### WHAT YOU NEED TO DO
When you reach the line that contains "fn from(answer: Result<Verdict, Refusal>)" in the entries below, begin returning lines exactly as written and continue through the last one.

=== DATA EXTRACTS ===

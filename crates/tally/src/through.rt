// A check's answer through a tally, whatever was checked.
ghost use Rattle.std.specs.Prelude.{◌≡◌, MatchOption};
ghost use Rattle.tally.specs.Tally.{kind_of, tally_refusal, counted, IsRefusedWith};

use crate::Tally;
use grain::{Refusal, Verdict};

impl Tally {
    // The tally's own refusals come before the answer, and leave the tally as it is.
    #[tactic(auto, unfolding(crate::specs::Tally::counted))]
    pub fn through(&mut self, answer: Result<Verdict, Refusal>) -> Result<Verdict, Refusal>
        ensures answered { MatchOption (tally_refusal self.old) (result ≡ answer) (λ n. IsRefusedWith n result) }
        ensures counted { self.new ≡ counted self.old (kind_of answer) }
    {
        if let Some(refusal) = self.refusal() {
            return Err(refusal);
        }
        self.count(answer.into());
        answer
    }
}
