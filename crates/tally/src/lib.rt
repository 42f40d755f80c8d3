// A gateway's tally: six counts of the checks through it, lent by &mut. It knows no book.
#![tactic(auto)]

mod counts;
mod kinds;
mod through;

pub use kinds::Kind;

#[repr(C)]
#[derive(Clone, Copy, Debug, Default, PartialEq, Eq)]
pub struct Tally {
    // The number of checks; the sum of the other five.
    pub asked: u32,
    pub free: u32,
    pub within: u32,
    pub below: u32,
    pub above: u32,
    pub refused: u32,
}
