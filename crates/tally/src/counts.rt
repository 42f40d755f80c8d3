// The counts of a tally: whether it takes one more check, and one more check.
ghost use Rattle.std.specs.Prelude.{◌≡◌, ◌≢◌};
ghost use Rattle.std.specs.Option.{option_map};
ghost use Rattle.grain.specs.Refusals.{number_of};
ghost use Rattle.tally.specs.Tally.{sum_of, tally_refusal, one_more, counted};

use crate::{Kind, Tally};
use grain::Refusal;

impl Tally {
    // Five counts of 32 bits each: in 64 bits their sum does not wrap.
    fn sum(&self) -> u64
        ensures { result ≡ sum_of self.now }
    {
        let allowed = (self.free as u64) + (self.within as u64);
        let beyond = (self.below as u64) + (self.above as u64);
        allowed + beyond + (self.refused as u64)
    }

    // Why it refuses every check, where it does.
    pub fn refusal(&self) -> Option<Refusal>
        ensures { option_map number_of result ≡ tally_refusal self.now }
    {
        let asked = self.asked as u64;
        if asked != self.sum() {
            return Some(Refusal::Unsound);
        }
        if self.asked == u32::MAX {
            return Some(Refusal::TallyFull);
        }
        None
    }

    // The one place that counts: asked and the kind together, so that asked stays the sum.
    fn count_one(&mut self, kind: Kind)
        requires sound { self.old.asked ≡ sum_of self.old }
        requires room { self.old.asked ≢ u32.MAX }
        ensures { self.new ≡ one_more self.old kind }
    {
        self.asked += 1;
        match kind {
            Kind::Free => self.free += 1,
            Kind::Within => self.within += 1,
            Kind::Below => self.below += 1,
            Kind::Above => self.above += 1,
            Kind::Refused => self.refused += 1,
        }
    }

    // One more asked and one more of the kind. A tally that refuses stays as it is.
    pub fn count(&mut self, kind: Kind)
        ensures { self.new ≡ counted self.old kind }
    {
        if self.refusal().is_none() {
            self.count_one(kind);
        }
    }
}
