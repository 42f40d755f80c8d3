// What a check is counted as: its answer without the span or the number.
ghost use Rattle.std.specs.Prelude.{◌≡◌};
ghost use Rattle.tally.specs.Tally.{kind_of};

use grain::{Refusal, Verdict};

#[derive(Clone, Copy, Debug, PartialEq, Eq)]
pub enum Kind {
    Free,
    Within,
    Below,
    Above,
    Refused,
}

impl From<Result<Verdict, Refusal>> for Kind {
    ghost from_gives = { λ answer kind. kind ≡ kind_of answer };

    fn from(answer: Result<Verdict, Refusal>) -> Kind {
        match answer {
            Ok(Verdict::Free) => Kind::Free,
            Ok(Verdict::Within(_)) => Kind::Within,
            Ok(Verdict::Below(_)) => Kind::Below,
            Ok(Verdict::Above(_)) => Kind::Above,
            Err(_) => Kind::Refused,
        }
    }
}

===

### OUTPUT BELOW
    fn from(answer: Result<Verdict, Refusal>) -> Kind {
        match answer {
            Ok(Verdict::Free) => Kind::Free,
            Ok(Verdict::Within(_)) => Kind::Within,
            Ok(Verdict::Below(_)) => Kind::Below,
            Ok(Verdict::Above(_)) => Kind::Above,
            Err(_) => Kind::Refused,
        }
    }
}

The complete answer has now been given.